Jock Thompson

Personal information
- Full name: John de Lisle Thompson
- Born: 12 July 1904 Cape Town, South Africa
- Died: 11 April 1978 (aged 73) Muizenberg, Cape Town, South Africa
- Batting: Right-handed
- Role: Wicket-keeper

Domestic team information
- 1927-28 to 1935-36: Rhodesia

Career statistics
| Competition | First-class |
| Matches | 10 |
| Runs scored | 341 |
| Batting average | 20.05 |
| 100s/50s | 0/0 |
| Top score | 47 |
| Balls bowled | 0 |
| Wickets | – |
| Bowling average | – |
| 5 wickets in innings | – |
| 10 wickets in match | – |
| Best bowling | – |
| Catches/stumpings | 14/4 |
- Source: Cricinfo, 7 January 2020

= Jock Thompson (cricketer) =

Rhodesia cricketer and soldier

John de Lisle Thompson OBE (12 July 1904 – 11 April 1978) was a cricketer who played first-class cricket for Rhodesia from 1928 to 1936, and a soldier.

==Life and career==
Jock Thompson was born in Cape Town but educated at Milton High School in Bulawayo, where he was head prefect in 1924 and captained the cricket and rugby teams.
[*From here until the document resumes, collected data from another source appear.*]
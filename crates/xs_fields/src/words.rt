ghost use Rattle.std.specs.Prelude.{◌≡◌, ◌<◌, ◌≤◌, ◌∷◌, [], false, not, drop, length, slice_index, position, ◌↔◌, IfSome, IsTrue, MatchOption};
ghost use Rattle.std.specs.Option.{option_map};
ghost use Rattle.xs_fields.specs.Words.{is_space, is_byte, parts, parts_behind, words_of};

fn is_space(byte: u8) -> bool
    ensures { result ≡ is_space byte }
{
    byte == b' ' || byte == b'\t' || byte == b'\r' || byte == b'\n'
}

/// Where the first byte stands that is not whitespace.
fn word_start(bytes: &[u8]) -> Option<usize>
    ensures { result ≡ position (λ b. not (is_space b)) bytes.now }
{
    bytes.iter().position(|byte| !is_space(*byte))
}

/// Where the first whitespace stands.
fn word_end(bytes: &[u8]) -> Option<usize>
    ensures { result ≡ position is_space bytes.now }
{
    bytes.iter().position(|byte| is_space(*byte))
}

/// Where the first `stop` stands.
fn part_end(bytes: &[u8], stop: u8) -> Option<usize>
    ensures { result ≡ position (is_byte stop) bytes.now }
{
    bytes.iter().position(|byte| *byte == stop)
}

/// The bytes from a place on.
pub fn from(bytes: &[u8], at: usize) -> &[u8]
    requires { at ≤ length bytes.now }
    ensures { result.now ≡ drop at bytes.now }
{
    &bytes[at..]
}

/// The bytes before the first `stop`, and those behind it, if there is one.
pub fn cut(bytes: &[u8], stop: u8) -> (&[u8], Option<&[u8]>)
    ensures value { parts (is_byte stop) bytes.now ≡ result.0.now ∷ parts_behind (is_byte stop) (option_map (λ x. x.now) result.1) }
    ensures within { IfSome result.1 (λ x. length x.now < length bytes.now) }
{
    match part_end(bytes, stop) {
        Some(end) => (&bytes[..end], Some(from(bytes, end + 1))),
        None => (bytes, None),
    }
}

/// The bytes that begin with a word, and the word's first byte; the others are those behind it.
fn front_word(bytes: &[u8]) -> (&[u8], &[u8])
    requires some { 0 < length bytes.now }
    requires front { is_space (slice_index bytes.now 0) ≡ false }
    ensures value { words_of bytes.now ≡ result.0.now ∷ words_of result.1.now }
    ensures within { length result.1.now < length bytes.now }
{
    match word_end(bytes) {
        Some(end) => (&bytes[..end], from(bytes, end)),
        None => (bytes, &[]),
    }
}

/// The first word of a text and the bytes behind it. None exactly where the text has no word.
pub fn next_word(bytes: &[u8]) -> Option<(&[u8], &[u8])>
    ensures value { MatchOption result (words_of bytes.now ≡ []) (λ x. words_of bytes.now ≡ x.0.now ∷ words_of x.1.now) }
    ensures within { IfSome result (λ x. length x.1.now < length bytes.now) }
{
    match word_start(bytes) {
        Some(start) => Some(front_word(from(bytes, start))),
        None => None,
    }
}

/// Whether a text has no word: it is whitespace alone.
pub fn is_blank(text: &[u8]) -> bool
    ensures { IsTrue result ↔ (words_of text.now ≡ []) }
{
    next_word(text).is_none()
}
In cricket Thompson was a wicket-keeper who often opened the batting. He was Rhodesia's wicket-keeper in 1931-32 when they finished second in the Currie Cup. He scored 28 and 47 that season in the one-wicket victory over Griqualand West. In his last first-class match he captained Rhodesia against the touring Australians in 1935-36. He also represented Rhodesia at rugby.
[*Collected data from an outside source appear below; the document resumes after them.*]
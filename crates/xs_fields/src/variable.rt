ghost use Rattle.std.specs.Prelude.{◌≡◌, ◌∷◌, ◌++◌, [], IfOk};
ghost use Rattle.std.specs.List.{flat_map};
ghost use Rattle.std.specs.Option.{option_map};
ghost use Rattle.xs_fields.specs.Conditions.{all_meet, answer, first_missed, judged, IsOrMemory};
ghost use Rattle.xs_fields.specs.Variables.{bracket_in, bracket_meets, bracket_of, brackets_from, is_direct, is_index, is_small_bracket, word_meets, word_of};
ghost use Rattle.xs_fields.specs.Words.{is_byte, parts, parts_behind};

use crate::condition::{Condition, earlier};
use crate::identifier::{copied, judge_identifier};
use crate::integer::read_integer;
use crate::pieces::range;
use crate::sizes::inner;
use crate::words::cut;
use std::alloc::Global;
use xf_num::{NoMemory, Row, Span, Text};
use xf_text::FieldStop;

/// What stands in a bracket of a variable word.
#[derive(Clone, Copy, Debug)]
pub enum Bracket {
    /// `[k]`: one index.
    At(i128),
    /// `[a..b]`: the indices from `a` to `b`.
    Between(Span),
    /// `[]`: every index.
    Every,
}

/// The brackets of a variable word, one per dimension.
pub type Brackets = Row<Bracket>;

/// A variable word: the name of a variable or an array, and brackets.
#[derive(Debug, Drop)]
pub struct Word {
    pub name: Text,
    pub brackets: Brackets,
}

impl Bracket {
    fn is_index(self) -> bool
        ensures { result ≡ is_index self }
    {
        match self {
            Bracket::At(_) => true,
            Bracket::Between(_) => false,
            Bracket::Every => false,
        }
    }
}

impl Word {
    /// Whether the word is direct: each of its brackets is one index.
    pub fn is_direct(&self) -> bool
        ensures { result ≡ is_direct self.now }
    {
        self.brackets
            .as_slice()
            .iter()
            .all(|bracket| bracket.is_index())
    }
}

/// What a text without a dot is in a bracket.
fn index_or_every(text: &[u8]) -> Result<Bracket, Condition>
    ensures { result ≡ judged is_small_bracket (bracket_in (text.now ∷ [])) }
{
    if text.is_empty() {
        return Ok(Bracket::Every);
    }
    match read_integer(text) {
        Ok(index) => Ok(Bracket::At(index)),
        Err(missed) => Err(missed),
    }
}

/// The indices between two integers.
fn between(low: &[u8], high: &[u8]) -> Result<Bracket, Condition>
    ensures { result ≡ judged is_small_bracket (bracket_in (low.now ∷ [] ∷ high.now ∷ [])) }
{
    match range(low, high) {
        Ok(span) => Ok(Bracket::Between(span)),
        Err(missed) => Err(missed),
    }
}

/// The range whose low end and first dot stand before these bytes.
fn between_behind(low: &[u8], behind: &[u8]) -> Result<Bracket, Condition>
    ensures { result ≡ judged is_small_bracket (bracket_in (low.now ∷ parts (is_byte 46) behind.now)) }
{
    let (middle, high) = cut(behind, b'.');
    match high {
        None => Err(Condition::Spelling),
        Some(high) => {
            let (high, more) = cut(high, b'.');
            match more {
                None => {
                    if middle.is_empty() {
                        between(low, high)
                    } else {
                        Err(Condition::Spelling)
                    }
                }
                Some(_) => Err(Condition::Spelling),
            }
        }
    }
}

/// The bracket that a part behind a `[` spells, or the first of `Spelling` and `Magnitude` that it misses.
fn read_bracket(part: &[u8]) -> Result<Bracket, Condition>
    ensures { result ≡ judged is_small_bracket (bracket_of part.now) }
{
    match inner(part) {
        Some(text) => {
            let (low, behind) = cut(text, b'.');
            match behind {
                None => index_or_every(low),
                Some(behind) => between_behind(low, behind),
            }
        }
        None => Err(Condition::Spelling),
    }
}

fn judge_bracket(part: &[u8]) -> Option<Condition>
    ensures { result ≡ first_missed (bracket_meets part.now) }
{
    read_bracket(part).err()
}

/// What the parts behind `[` miss first.
fn judge_brackets(behind: Option<&[u8]>) -> Option<Condition>
    ensures { result ≡ first_missed (all_meet bracket_meets (parts_behind (is_byte 91) (option_map (λ x. x.now) behind.entry))) }
{
    let mut missed = None;
    let mut rest = behind;
    while let Some(bytes) = rest {
        let (part, more) = cut(bytes, b'[');
        missed = earlier(missed, judge_bracket(part));
        rest = more;
    }
    missed
}

/// The first of `Spelling` and `Magnitude` that a variable word misses.
pub fn judge_word(word: &[u8]) -> Option<Condition>
    ensures { result ≡ first_missed (word_meets word.now) }
{
    let (name, behind) = cut(word, b'[');
    earlier(judge_identifier(name), judge_brackets(behind))
}

/// Appends what a part spells, or changes nothing.
fn push_bracket(brackets: &mut Brackets, part: &[u8]) -> Result<(), NoMemory>
    ensures { IfOk result (λ _. brackets.new ≡ brackets.old ++ brackets_from part.now) }
{
    match read_bracket(part) {
        Ok(bracket) => brackets.push(bracket),
        Err(_) => Ok(()),
    }
}

/// The brackets that the parts behind `[` spell.
fn expand_brackets(alloc: Global, behind: Option<&[u8]>) -> Result<Brackets, NoMemory>
    ensures { IfOk result (λ brackets. brackets ≡ flat_map brackets_from (parts_behind (is_byte 91) (option_map (λ x. x.now) behind.entry))) }
{
    let mut brackets = Row::new(alloc);
    let mut rest = behind;
    while let Some(bytes) = rest {
        let (part, more) = cut(bytes, b'[');
        push_bracket(&mut brackets, part)?;
        rest = more;
    }
    Ok(brackets)
}

/// The word of these bytes, of parts that miss nothing.
pub fn expand_word(alloc: Global, word: &[u8]) -> Result<Word, NoMemory>
    ensures { IfOk result (λ w. w ≡ word_of word.now) }
{
    let (name, behind) = cut(word, b'[');
    let name = copied(alloc, name)?;
    let brackets = expand_brackets(alloc, behind)?;
    Ok(Word { name, brackets })
}

/// A variable word: an identifier, and brackets `[k]`, `[a..b]` with `a` at most `b`, and `[]`.
///
/// A misspelt word is F4, a magnitude above 2^126 - 1 is F10: the first of these over the whole word. Whether the name
/// is declared is not asked.
pub fn read_word(alloc: Global, word: &[u8]) -> Result<Word, FieldStop>
    ensures { IsOrMemory result (answer (word_meets word.now) (word_of word.now)) }
{
    match judge_word(word) {
        Some(missed) => Err(FieldStop::Refused(missed.kind())),
        None => Ok(expand_word(alloc, word)?),
    }
}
He was the author of A History of Sport in Southern Rhodesia, published in 1935. During World War II he served as an officer in West Africa, North Africa, and later in Europe, and after the war he became commanding officer of the 2nd Battalion of the Rhodesia Regiment. He was a director of the Thomas Meikle Trust and Investment Company.

He was awarded the OBE in the 1951 New Year Honours.